Nano-electrospray ionization (nESI) mass spectrometry

Nano-HPLC was performed using a Waters NanoAquity (Milford, MA, USA). A homemade trapping column was made from 100 μm inner diameter (ID) capillary (Polymicro Technologies, Phoenix, AZ, USA) packed with 2 cm of 200 Å, 5 μm Magic C18AQ particles (Michrom, Auburn, CA, USA). Successive analytical separation was performed on a homemade 75 μm ID × 180 mm long analytical column pulled using a Sutter Instruments P-2000 CO2 laser puller (Sutter Instrument Company, Novato, CA) and packed with 15 cm of 100 Å, 5 μm Magic C18AQ particles (Michrom, Auburn, CA, USA). For each sample injection, approximately 1 μg, unless otherwise noted, of the peptide sample was loaded on the trapping column at 4 μL/min with 95% water/5% acetonitrile/0.1% formic acid for 5 minutes. Trapped peptides were then eluted from the trapping column onto the analytical column using a variable gradient with a flow rate of 0.25 μL/minutes. The gradient utilized two mobile phase solutions: A, water/0.1% formic acid; and B, acetonitrile/0.1% formic acid. The variable gradient used is as follows: 0 minutes, A (95%), B (5%); 55 minutes, A (65%), B (35%); 65 minutes, A (15%), B (85%); 75 minutes, A (15%), B (85%); 80 minutes, A (95%), B (5%); 80-100 minutes, A (95%), B (5%). Peptide digests were analyzed on both a LTQ Oribtrap and a LTQ Velos (Thermo Fisher, San Jose, CA, USA) by nESI in positive ion mode. Ion source conditions were optimized using the tuning and calibration solution suggested by the instrument provider.

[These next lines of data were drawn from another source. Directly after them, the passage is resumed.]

// Rows that move data.
ghost use Rattle.std.specs.Prelude.{◌≡◌, ◌^◌, ◌<◌};
ghost use Rattle.svm_model.specs.Instructions.Widths.{bits};
ghost use Rattle.svm_model.specs.Instructions.Operands.{state};
ghost use Rattle.svm_model.specs.Instructions.Moves.{moves, movzx_extends, extended_by_sign, movsx_extends, lea_loads, cmovcc_moves, setcc_sets, half_of, cbw_extends, cwd_spreads_sign};

use crate::conditions::condition_holds;
use crate::sources::source_value;
use crate::widths::ones;
use flag_math::is_negative;
use register_file::{
    ACCUMULATOR, RDX, effective_address, operand_value, read_flags, register_named, write_operand,
    write_rip,
};
use row_table::{destination, operand_width};
use svm_model::{Registers, Row, Width};

/// MOV.
#[tactic(auto, unfolding(svm_model::specs::Instructions::Moves::moves))]
pub fn apply_move(
    row: &Row,
    registers: &mut Registers,
    next_rip: u64,
    values: &[u64; 8],
    results: &mut [u64; 8],
)
    ensures { state registers.new results.new ≡ moves row.now next_rip values.now (state registers.old results.old) }
{
    let value = source_value(row, registers, values);
    write_operand(row.width, destination(row), value, registers, results);
    write_rip(registers, next_rip);
}

/// MOVZX.
#[tactic(auto, unfolding(svm_model::specs::Instructions::Moves::movzx_extends))]
pub fn apply_movzx(
    row: &Row,
    registers: &mut Registers,
    next_rip: u64,
    values: &[u64; 8],
    results: &mut [u64; 8],
)
    ensures { state registers.new results.new ≡ movzx_extends row.now next_rip values.now (state registers.old results.old) }
{
    let value = operand_value(operand_width(row), row.operand, registers, values);
    write_operand(
        row.width,
        register_named(row.register),
        value,
        registers,
        results,
    );
    write_rip(registers, next_rip);
}

/// An operand as 64 bits of the same signed number.
#[tactic(auto, unfolding(svm_model::specs::Instructions::Moves::extended_by_sign))]
fn extended_by_sign(width: Width, value: u64) -> u64
    requires { value < 2 ^ bits width }
    ensures { result ≡ extended_by_sign width value }
{
    match width {
        Width::W8 if value >= 0x80 => value + 0xffff_ffff_ffff_ff00,
        Width::W16 if value >= 0x8000 => value + 0xffff_ffff_ffff_0000,
        Width::W32 if value >= 0x8000_0000 => value + 0xffff_ffff_0000_0000,
        _ => value,
    }
}

/// MOVSX and MOVSXD.
#[tactic(auto, unfolding(svm_model::specs::Instructions::Moves::movsx_extends))]
pub fn apply_movsx(
    row: &Row,
    registers: &mut Registers,
    next_rip: u64,
    values: &[u64; 8],
    results: &mut [u64; 8],
)
    ensures { state registers.new results.new ≡ movsx_extends row.now next_rip values.now (state registers.old results.old) }
{
    let from = operand_width(row);
    let value = extended_by_sign(from, operand_value(from, row.operand, registers, values));
    write_operand(
        row.width,
        register_named(row.register),
        value,
        registers,
        results,
    );
    write_rip(registers, next_rip);
}

/// LEA.
#[tactic(auto, unfolding(svm_model::specs::Instructions::Moves::lea_loads))]
pub fn apply_lea(row: &Row, registers: &mut Registers, next_rip: u64, results: &mut [u64; 8])
    ensures { state registers.new results.new ≡ lea_loads row.now next_rip (state registers.old results.old) }
{
    let address = effective_address(row.operand, next_rip, registers);
    write_operand(
        row.width,
        register_named(row.register),
        address,
        registers,
        results,
    );
    write_rip(registers, next_rip);
}

/// CMOVcc.
#[tactic(auto, unfolding(svm_model::specs::Instructions::Moves::cmovcc_moves))]
pub fn apply_cmovcc(
    row: &Row,
    registers: &mut Registers,
    next_rip: u64,
    values: &[u64; 8],
    results: &mut [u64; 8],
)
    ensures { state registers.new results.new ≡ cmovcc_moves row.now next_rip values.now (state registers.old results.old) }
{
    let target = register_named(row.register);
    let source = operand_value(row.width, row.operand, registers, values);
    let old = operand_value(row.width, target, registers, values);
    let value = if condition_holds(row.condition, read_flags(registers)) {
        source
    } else {
        old
    };
    write_operand(row.width, target, value, registers, results);
    write_rip(registers, next_rip);
}

/// SETcc.
#[tactic(auto, unfolding(svm_model::specs::Instructions::Moves::setcc_sets))]
pub fn apply_setcc(row: &Row, registers: &mut Registers, next_rip: u64, results: &mut [u64; 8])
    ensures { state registers.new results.new ≡ setcc_sets row.now next_rip (state registers.old results.old) }
{
    let holds = condition_holds(row.condition, read_flags(registers));
    write_operand(Width::W8, row.operand, u64::from(holds), registers, results);
    write_rip(registers, next_rip);
}

fn half_of(width: Width) -> Width
    ensures { result ≡ half_of width }
{
    match width {
        Width::W64 => Width::W32,
        Width::W32 => Width::W16,
        Width::W16 | Width::W8 => Width::W8,
    }
}

/// CBW, CWDE and CDQE.
#[tactic(auto, unfolding(svm_model::specs::Instructions::Moves::cbw_extends))]
pub fn apply_cbw(
    row: &Row,
    registers: &mut Registers,
    next_rip: u64,
    values: &[u64; 8],
    results: &mut [u64; 8],
)
    ensures { state registers.new results.new ≡ cbw_extends row.now next_rip values.now (state registers.old results.old) }
{
    let half = half_of(row.width);
    let value = extended_by_sign(half, operand_value(half, ACCUMULATOR, registers, values));
    write_operand(row.width, ACCUMULATOR, value, registers, results);
    write_rip(registers, next_rip);
}

/// CWD, CDQ and CQO.
#[tactic(auto, unfolding(svm_model::specs::Instructions::Moves::cwd_spreads_sign))]
pub fn apply_cwd(
    row: &Row,
    registers: &mut Registers,
    next_rip: u64,
    values: &[u64; 8],
    results: &mut [u64; 8],
)
    ensures { state registers.new results.new ≡ cwd_spreads_sign row.now next_rip values.now (state registers.old results.old) }
{
    let low = operand_value(row.width, ACCUMULATOR, registers, values);
    let copies = if is_negative(row.width, low) {
        ones(row.width)
    } else {
        0
    };
    write_operand(row.width, RDX, copies, registers, results);
    write_rip(registers, next_rip);
}
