// What a width says in numbers.
ghost use Rattle.std.specs.Prelude.{◌≡◌, ◌-◌, ◌^◌};
ghost use Rattle.svm_model.specs.Instructions.Widths.{bits};

use svm_model::Width;

/// The operand whose bits are all 1.
pub fn ones(width: Width) -> u64
    ensures { result ≡ 2 ^ bits width - 1 }
{
    match width {
        Width::W8 => 0xff,
        Width::W16 => 0xffff,
        Width::W32 => 0xffff_ffff,
        Width::W64 => u64::MAX,
    }
}

/// The number of bits.
pub fn bit_count(width: Width) -> u64
    ensures { result ≡ bits width }
{
    match width {
        Width::W8 => 8,
        Width::W16 => 16,
        Width::W32 => 32,
        Width::W64 => 64,
    }
}
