// Rows that multiply and divide.
ghost use Rattle.std.specs.Prelude.{◌≡◌, ◌^◌, ◌<◌};
ghost use Rattle.svm_model.specs.Instructions.Widths.{bits};
ghost use Rattle.svm_model.specs.Instructions.Operands.{state};
ghost use Rattle.svm_model.specs.Instructions.Apply.{answer_of, state_after};
ghost use Rattle.svm_model.specs.Instructions.MultiplyRows.{with_accumulators, multiplies, factor_of, multiplies_into_register, has_one_operand, multiplies_signed, divides};

use flag_math::{divide, multiply};
use register_file::{
    ACCUMULATOR, cut, operand_value, read_flags, register_named, upper_accumulator, write_flags,
    write_operand, write_rip,
};
use row_table::{has_immediate, has_one_operand};
use svm_model::{Applied, Registers, Row, Width};
use vm_names::DIVIDE_ERROR;

/// Writes the accumulator and what goes with it: AX, DX:AX, EDX:EAX or RDX:RAX.
fn write_accumulators(
    width: Width,
    high: u64,
    low: u64,
    registers: &mut Registers,
    results: &mut [u64; 8],
)
    ensures registers { registers.new ≡ (with_accumulators width high low (state registers.old results.old)).registers }
    ensures results { results.new ≡ (with_accumulators width high low (state registers.old results.old)).results }
{
    write_operand(width, ACCUMULATOR, low, registers, results);
    write_operand(width, upper_accumulator(width), high, registers, results);
}

/// MUL, and IMUL with one operand.
#[tactic(auto, unfolding(svm_model::specs::Instructions::MultiplyRows::multiplies))]
pub fn apply_multiplication(
    signed: bool,
    row: &Row,
    registers: &mut Registers,
    next_rip: u64,
    values: &[u64; 8],
    results: &mut [u64; 8],
)
    ensures { state registers.new results.new ≡ multiplies signed row.now next_rip values.now (state registers.old results.old) }
{
    let left = operand_value(row.width, ACCUMULATOR, registers, values);
    let right = operand_value(row.width, row.operand, registers, values);
    let before = read_flags(registers);
    let (low, high, flags) = multiply(row.width, signed, left, right, before);
    write_accumulators(row.width, high, low, registers, results);
    write_flags(registers, flags);
    write_rip(registers, next_rip);
}

/// What IMUL with two or three operands multiplies r/m by: its register, or its immediate.
fn factor_of(row: &Row, registers: &Registers, values: &[u64; 8]) -> u64
    ensures value { result ≡ factor_of row.now registers.now values.now }
    ensures fits { result < 2 ^ bits row.now.width }
{
    if has_immediate(row.form) {
        cut(row.width, row.immediate)
    } else {
        operand_value(row.width, register_named(row.register), registers, values)
    }
}

/// IMUL with two or three operands.
#[tactic(auto, unfolding(svm_model::specs::Instructions::MultiplyRows::multiplies_into_register))]
fn apply_multiplication_into_register(
    row: &Row,
    registers: &mut Registers,
    next_rip: u64,
    values: &[u64; 8],
    results: &mut [u64; 8],
)
    ensures { state registers.new results.new ≡ multiplies_into_register row.now next_rip values.now (state registers.old results.old) }
{
    let left = operand_value(row.width, row.operand, registers, values);
    let right = factor_of(row, registers, values);
    let before = read_flags(registers);
    let (low, _, flags) = multiply(row.width, true, left, right, before);
    write_operand(
        row.width,
        register_named(row.register),
        low,
        registers,
        results,
    );
    write_flags(registers, flags);
    write_rip(registers, next_rip);
}

/// IMUL.
#[tactic(auto, unfolding(svm_model::specs::Instructions::MultiplyRows::multiplies_signed))]
pub fn apply_signed_multiplication(
    row: &Row,
    registers: &mut Registers,
    next_rip: u64,
    values: &[u64; 8],
    results: &mut [u64; 8],
)
    ensures { state registers.new results.new ≡ multiplies_signed row.now next_rip values.now (state registers.old results.old) }
{
    if has_one_operand(row.form) {
        apply_multiplication(true, row, registers, next_rip, values, results);
    } else {
        apply_multiplication_into_register(row, registers, next_rip, values, results);
    }
}

/// DIV and IDIV.
#[tactic(auto, unfolding(svm_model::specs::Instructions::MultiplyRows::divides))]
pub fn apply_division(
    signed: bool,
    row: &Row,
    registers: &mut Registers,
    next_rip: u64,
    values: &[u64; 8],
    results: &mut [u64; 8],
) -> Applied
    ensures answer { result ≡ answer_of (divides signed row.now next_rip values.now (state registers.old results.old)) }
    ensures state { state registers.new results.new ≡ state_after (state registers.old results.old) (divides signed row.now next_rip values.now (state registers.old results.old)) }
{
    let high = operand_value(row.width, upper_accumulator(row.width), registers, values);
    let low = operand_value(row.width, ACCUMULATOR, registers, values);
    let divisor = operand_value(row.width, row.operand, registers, values);
    let Ok((quotient, remainder)) = divide(row.width, signed, high, low, divisor) else {
        return Applied::Fault(DIVIDE_ERROR);
    };
    write_accumulators(row.width, remainder, quotient, registers, results);
    write_rip(registers, next_rip);
    Applied::Done
}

For full range data-dependent acquisition, precursor ion scans were performed from 400-2000 m/z selecting top 5 or top 10 most intense ions for the LTQ Oribtrap and the LTQ Velos, respectively, and data-dependent ion selection for MS/MS analysis operated within that m/z range. For gas-phase fractionation (GPF), precursor ion scans and data-dependent ion selection for MS/MS analysis were performed in the following four restricted m/z ranges: 400-520 m/z; 515-690 m/z; 685-970 m/z; or 965-2000 m/z. For tandem MS analysis, the isolation window was set to 2 m/z and a normalized collision energy of 35% was used for all fragmentation events. Singly charged ions were excluded from analysis and dynamic exclusion was enabled with a repeat count of 1, a repeat duration of 30 seconds, an exclusion duration of 45 seconds and an exclusion list of 250. For PAcIFIC acquisition, the mass spectrometer parameters were set as defined by Panchaud et al.[4, 11]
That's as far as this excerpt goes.